The New York Times today outlines Albrecht Muth‘s varied eccentricities and how Washington entertained, or believed, them nearly until Muth was arrested on suspicion of killing his wife at their Georgetown home.
Muth, 48, is charged with first-degree murder in Viola Drath‘s death. Prosecutors say he strangled his 91-year-old wife, then reported finding her dead of an apparent fall.
Muth’s incredible claims of being an Iraqi general, a count, an East German spy, and an insider in elite international circles have at times overshadowed his apperances at DC Superior Court. Doctors have determined that he has mental illness and that he is not fit to stand trial at this time, though his mental health could be restored.
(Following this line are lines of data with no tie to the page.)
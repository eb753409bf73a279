//! Terms: numbers for what operations have in common, equal for what is equal, and hardly ever for anything else.
ghost use Rattle.std.specs.Prelude.{◌≡◌, slice_index};
ghost use Rattle.iloc_reasons.specs.Steps.Terms.{label_number, mixed, opcode_number, value_of};

use iloc_facts::{Sources, opcode_and_constant};
use iloc_ops::{Op, Opcode};

/// A number for two numbers in order.
pub(crate) fn mix(one: u64, other: u64) -> u64
    ensures { result ≡ mixed one other }
{
    let sum = one
        .wrapping_mul(0x9E37_79B9_7F4A_7C15)
        .wrapping_add(other.wrapping_mul(0xD6E8_FEB8_6659_FD93));
    // Odd numbers and their cubes go one to one.
    let odd = sum.wrapping_mul(2).wrapping_add(1);
    odd.wrapping_mul(odd).wrapping_mul(odd)
}

/// A number for an opcode.
fn opcode_number(opcode: Opcode) -> u64
    ensures { result ≡ opcode_number opcode }
{
    opcode
        .text()
        .iter()
        .fold(0, |number, byte| mix(number, u64::from(*byte)))
}

/// A number for the label of an operation.
pub(crate) fn label_number(op: &Op) -> u64
    ensures { result ≡ label_number op.now }
{
    let (opcode, constant) = opcode_and_constant(op);
    mix(opcode_number(opcode), u64::from(constant))
}

/// The number of what is read, where each operation has one; 0 for the start of a register.
pub(crate) fn value(numbers: &[u64], source: Option<usize>) -> u64
    ensures { result ≡ value_of numbers.now source }
{
    match source {
        Some(s) => at(numbers, s).wrapping_add(1),
        None => 0,
    }
}

/// A number at a place, or 0 where there is none.
pub(crate) fn at(numbers: &[u64], place: usize) -> u64
    ensures { result ≡ slice_index numbers.now place }
{
    numbers.get(place).copied().unwrap_or(0)
}

/// The numbers of what an operation reads, left to right; 0 for the start of a register.
#[derive(Clone, Copy)]
pub(crate) enum Values {
    Nothing,
    One(u64),
    Two(u64, u64),
}

impl Values {
    ghost use Rattle.iloc_reasons.specs.Steps.Terms.{behind, values_of};

    /// The numbers of what an operation reads, where each operation has one.
    pub(crate) fn of(numbers: &[u64], sources: Sources) -> Values
        ensures { result ≡ values_of numbers.now sources }
    {
        match sources {
            Sources::Nothing => Values::Nothing,
            Sources::One(only) => Values::One(value(numbers, only)),
            Sources::Two(left, right) => Values::Two(value(numbers, left), value(numbers, right)),
        }
    }

    /// A number, with them behind it.
    pub(crate) fn behind(self, number: u64) -> u64
        ensures { result ≡ behind self number }
    {
        match self {
            Values::Nothing => number,
            Values::One(only) => mix(number, only),
            Values::Two(left, right) => mix(mix(number, left), right),
        }
    }

    /// The number at a place, left to right.
    pub(crate) fn at(self, place: usize) -> Option<u64> {
        match (self, place) {
            (Values::One(only), 0) => Some(only),
            (Values::Two(left, _), 0) => Some(left),
            (Values::Two(_, right), 1) => Some(right),
            _ => None,
        }
    }

    /// Whether one value is read at both of two places.
    pub(crate) fn is_one(self) -> bool {
        match self {
            Values::Two(left, right) => left == right,
            _ => false,
        }
    }

    /// At how many places they differ from others.
    pub(crate) fn differing(self, others: Values) -> u32 {
        match (self, others) {
            (Values::One(only), Values::One(other)) => one_if(only != other),
            (Values::Two(left, right), Values::Two(other, another)) => {
                one_if(left != other).saturating_add(one_if(right != another))
            }
            _ => 0,
        }
    }
}

/// 1 if it holds, else 0.
pub(crate) fn one_if(holds: bool) -> u32 {
    if holds { 1 } else { 0 }
}
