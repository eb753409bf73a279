//! Of which operations of rows the results are read.
ghost use Rattle.std.specs.Prelude.{IfOk, OnOk, ◌≢◌, None, ℕ};
ghost use Rattle.std.specs.BTreeMap.{get};
ghost use Rattle.std.specs.Ordering.{nat_cmp};
ghost use Rattle.iloc_reasons.specs.Steps.Sides.{AreNoted, IsNoted};

use crate::claim::source_at;
use iloc_facts::Reading;
use iloc_ops::NoMemory;
use std::alloc::Global;
use std::collections::BTreeMap;

/// Notes that the result of an operation is read by operation k.
fn note(read: &mut BTreeMap<usize, usize>, source: Option<usize>, k: usize) -> Result<(), NoMemory>
    ensures own { OnOk result (IsNoted read.new source) }
    ensures others { OnOk result ((j : ℕ) → get nat_cmp read.old j ≢ None → get nat_cmp read.new j ≢ None) }
{
    if let Some(j) = source {
        read.insert(j, k)?;
    }
    Ok(())
}

/// The operations of rows whose results are read, each with one that reads it.
pub(crate) fn read_by_some(
    alloc: Global,
    readings: &[Reading],
) -> Result<BTreeMap<usize, usize>, NoMemory>
    ensures { IfOk result (AreNoted readings.now) }
{
    let mut read = BTreeMap::new(alloc);
    for (k, reading) in readings.iter().enumerate() {
        note(&mut read, source_at(reading.sources, 0), k)?;
        note(&mut read, source_at(reading.sources, 1), k)?;
    }
    Ok(read)
}
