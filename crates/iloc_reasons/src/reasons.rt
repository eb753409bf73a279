//! Why rows aren't issued as their block asks for.
ghost use Rattle.std.specs.Prelude.{◌≡◌, ◌≢◌, ◌<◌, ◌≤◌, length, IfOk, All, AllPairs};
ghost use Rattle.iloc_rules.specs.Renaming.{without_nops as ops_of};
ghost use Rattle.iloc_facts.specs.Lawfulness.{AreLeftOut, AreAdded};
ghost use Rattle.iloc_facts.specs.Facts.{IsFact};
ghost use Rattle.iloc_facts.specs.Reasons.{AreReasons};
ghost use Rattle.iloc_reasons.specs.Steps.Likeness.{TellApart};
ghost use Rattle.iloc_reasons.specs.Steps.Sides.{AreNoted};

use crate::choice::chosen;
use crate::choice::data_flow::DataFlow;
use crate::claim::Claim;
use crate::counterpart::first_seen;
use crate::likeness::{Terms, sources_of, terms_of};
use crate::read::read_by_some;
use iloc_facts::{Added, Fact, LeftOut, MOST_FACTS, Reasons, Sides, without_counterpart};
use iloc_ops::{Block, NoMemory};
use iloc_timed::{Latencies, Schedule};
use std::alloc::Global;
use std::collections::BTreeMap;

/// The first facts of what is claimed, each once, and how many more were found.
fn first_facts(
    alloc: Global,
    sides: &Sides,
    terms: &Terms,
    read: &BTreeMap<usize, usize>,
    claims: &[Claim],
) -> Result<(Vec<Fact>, usize), NoMemory>
    requires terms { TellApart sides.now.latencies.now sides.now.block.items sides.now.schedule.now.ops
        sides.now.schedule.now.rows terms.now }
    requires noted { AreNoted sides.now.readings.items read.now }
    ensures facts { IfOk result (λ listed. All (IsFact sides.now.latencies.now sides.now.block.items sides.now.schedule.now.ops
        sides.now.schedule.now.rows) listed.0.items) }
    ensures once { IfOk result (λ listed. AllPairs (λ one other. one ≢ other) listed.0.items) }
    ensures few { IfOk result (λ listed. length listed.0.items ≤ 8) }
    ensures more { IfOk result (λ listed. length listed.0.items < 8 → listed.1 ≡ 0) }
{
    let mut facts = Vec::new(alloc);
    let mut more: usize = 0;
    for claim in claims {
        if let Some(fact) = claim.fact(sides, terms, read)
            && !facts.contains(&fact)
        {
            if facts.len() < MOST_FACTS {
                facts.push(fact)?;
            } else {
                more = more.saturating_add(1);
            }
        }
    }
    Ok((facts, more))
}

/// Facts or, where there is none, the first operation that doesn't read what its counterpart reads.
fn or_seen(
    alloc: Global,
    sides: &Sides,
    block: &DataFlow,
    rows: &DataFlow,
    facts: Vec<Fact>,
) -> Result<Vec<Fact>, NoMemory>
    requires facts { All (IsFact sides.now.latencies.now sides.now.block.items sides.now.schedule.now.ops
        sides.now.schedule.now.rows) facts.items }
    requires once { AllPairs (λ one other. one ≢ other) facts.items }
    requires few { length facts.items ≤ 8 }
    ensures facts { IfOk result (λ listed. All (IsFact sides.now.latencies.now sides.now.block.items sides.now.schedule.now.ops
        sides.now.schedule.now.rows) listed.items) }
    ensures once { IfOk result (λ listed. AllPairs (λ one other. one ≢ other) listed.items) }
    ensures few { IfOk result (λ listed. length listed.items ≤ 8) }
    ensures kept { IfOk result (λ listed. length facts.items ≤ length listed.items) }
{
    let mut facts = facts;
    if facts.is_empty()
        && let Some(fact) = first_seen(alloc, sides, block, rows)?
    {
        facts.push(fact)?;
    }
    Ok(facts)
}

/// The operations of the block that have no counterpart, named by this one, if it is short.
fn left_out(alloc: Global, sides: &Sides, named: Option<usize>) -> Result<Option<LeftOut>, NoMemory>
    ensures { IfOk result (AreLeftOut sides.now.block.items sides.now.schedule.now.ops) }
{
    match without_counterpart(alloc, &sides.block, sides.schedule.ops(), named)? {
        Some(it) => Ok(Some(LeftOut {
            count: it.count,
            op: sides.block[it.number],
        })),
        None => Ok(None),
    }
}

/// The operations of the rows that have no counterpart, named by this one, if it is short.
fn added(alloc: Global, sides: &Sides, named: Option<usize>) -> Result<Option<Added>, NoMemory>
    ensures { IfOk result (AreAdded sides.now.block.items sides.now.schedule.now.ops sides.now.schedule.now.rows) }
{
    match without_counterpart(alloc, sides.schedule.ops(), &sides.block, named)? {
        Some(it) => Ok(Some(Added {
            count: it.count,
            issue: sides.issued(it.number),
        })),
        None => Ok(None),
    }
}

/// Why the rows of `sides` aren't issued as their block asks for, by the data flow of `block` and of `rows`.
fn reasons_among(
    alloc: Global,
    sides: &Sides,
    block: &DataFlow,
    rows: &DataFlow,
) -> Result<Reasons, NoMemory>
    ensures { IfOk result (AreReasons sides.now.latencies.now sides.now.block.items sides.now.schedule.now.ops
        sides.now.schedule.now.rows) }
{
    let read = read_by_some(alloc, &sides.readings)?;
    let choice = chosen(alloc, sides, block, rows, &read)?;
    let terms = terms_of(alloc, sides, block, rows)?;
    let (facts, more) = first_facts(alloc, sides, &terms, &read, &choice.claims)?;
    let left_out = left_out(alloc, sides, choice.left_out)?;
    let added = added(alloc, sides, choice.added)?;
    let (facts, more) = if left_out.is_some() || added.is_some() || !facts.is_empty() {
        (facts, more)
    } else {
        let (facts, more) = first_facts(alloc, sides, &terms, &read, &choice.otherwise)?;
        (or_seen(alloc, sides, block, rows, facts)?, more)
    };
    Ok(Reasons {
        left_out,
        added,
        facts,
        more,
    })
}

/// The same, of both sides.
fn reasons_by(alloc: Global, sides: &Sides) -> Result<Reasons, NoMemory>
    ensures { IfOk result (AreReasons sides.now.latencies.now sides.now.block.items sides.now.schedule.now.ops
        sides.now.schedule.now.rows) }
{
    let block = DataFlow::of_block(alloc, &sides.block, &sides.givens)?;
    let sources = sources_of(alloc, &sides.readings)?;
    let rows = DataFlow::of(alloc, sides.schedule.ops(), sides.schedule.rows(), &sources)?;
    reasons_among(alloc, sides, &block, &rows)
}

/// Why rows that somebody made for a block aren't issued as it asks for: which operations are left out or added, and facts
/// of the rows, by row; then which operations stand for others, and last what is less likely to be wrong. Which facts are
/// listed is a choice that promises nothing; it names the operations at fault.
///
/// Promise: what is said to be left out or added is, and each line is a fact of the rows, listed once.
pub fn reasons_of(
    alloc: Global,
    block: &Block,
    theirs: &Schedule,
    latencies: &Latencies,
) -> Result<Reasons, NoMemory>
    ensures { IfOk result (AreReasons latencies.now (ops_of block.now.ops) theirs.now.ops theirs.now.rows) }
{
    let sides = Sides::of(alloc, block, theirs, latencies)?;
    reasons_by(alloc, &sides)
}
He has spent at least several weeks of his incarceration on hunger strike, and was, at least once, admitted to the hospital due to starvation.
A grand jury indicted Muth on first-degree murder with special circumstances that the crime was “especially heinous, atrocious or cruel” and that Drath, the victim, was “especially vulnerable due to age.” Because he has not been determined to be competent for trial, Muth has not been formally charged in the case.
Describing Drath as a near-helpless victim of a much younger eccentric social climber, the Times on Friday called Muth’s and Drath’s coupling “the worst marriage in Georgetown.”
Muth, in other words, perfected the methodology for his social Ponzi scheme. For parties, he would start with bait. He theorized that Drath’s ties to Nebraska’s representatives in Washington — Senator Chuck Hagel, in particular — would bring in other politicians. Muth would also approach military officials attached to the embassies, who he knew were often lonely figures in town; he understood that their attendance would help him attract foreign-policy columnists. “The whole Western alliance was represented,” according to Roland Flamini, a former Time correspondent. In a 2010 e-mail to Drath, Muth explicitly detailed his approach: “You meet someone of import, check him out, determine [if] he can be of use, you make him yours. At some point you must decide whether to run him as a useful idiot, he not catching on as to who you are and what you do.”
But the marriage was far more dangerous to Drath than simply altering her social life, the Times said.
From their first date, Viola and Albrecht enjoyed provoking one another. At night, they would lie in their separate beds, arguing in German. But every so often, their disagreements would escalate. In 1992, Muth was convicted of beating Drath, the beginning of a rap sheet that hardly reflects the many lesser occasions of abuse. Once when they were staying at the Plaza Hotel, he threw her clothes into the hall and locked her out of the room. “He has all my credit cards,” she told Gary Ulmen on the phone, who rushed to the hotel and lent her cash to buy a train ticket back to Washington.
Twenty years later, Drath is dead and Muth is biding his time at St. Elizabeths. Of the investigation into Drath’s death, the Times says,
It took the police four more days to collect the evidence to arrest Muth. During that period, they forbade him from entering his home, now a crime scene, so he slept in a Georgetown park wearing a perfectly tailored houndstooth blazer. Muth never had much money — he received an $1,800 monthly allowance from Viola — but he dressed as if he had means. When he stood before a judge in a preliminary hearing, he wore his orange jumpsuit with an upturned collar, an unlikely touch of St. Tropez in Superior Court.
Read the full story from the New York Times, The Worst Marriage in Georgetown, here.
Muth is due back in court July 26 for an update on his mental health status and, if he is determined mentally competent, arraignment.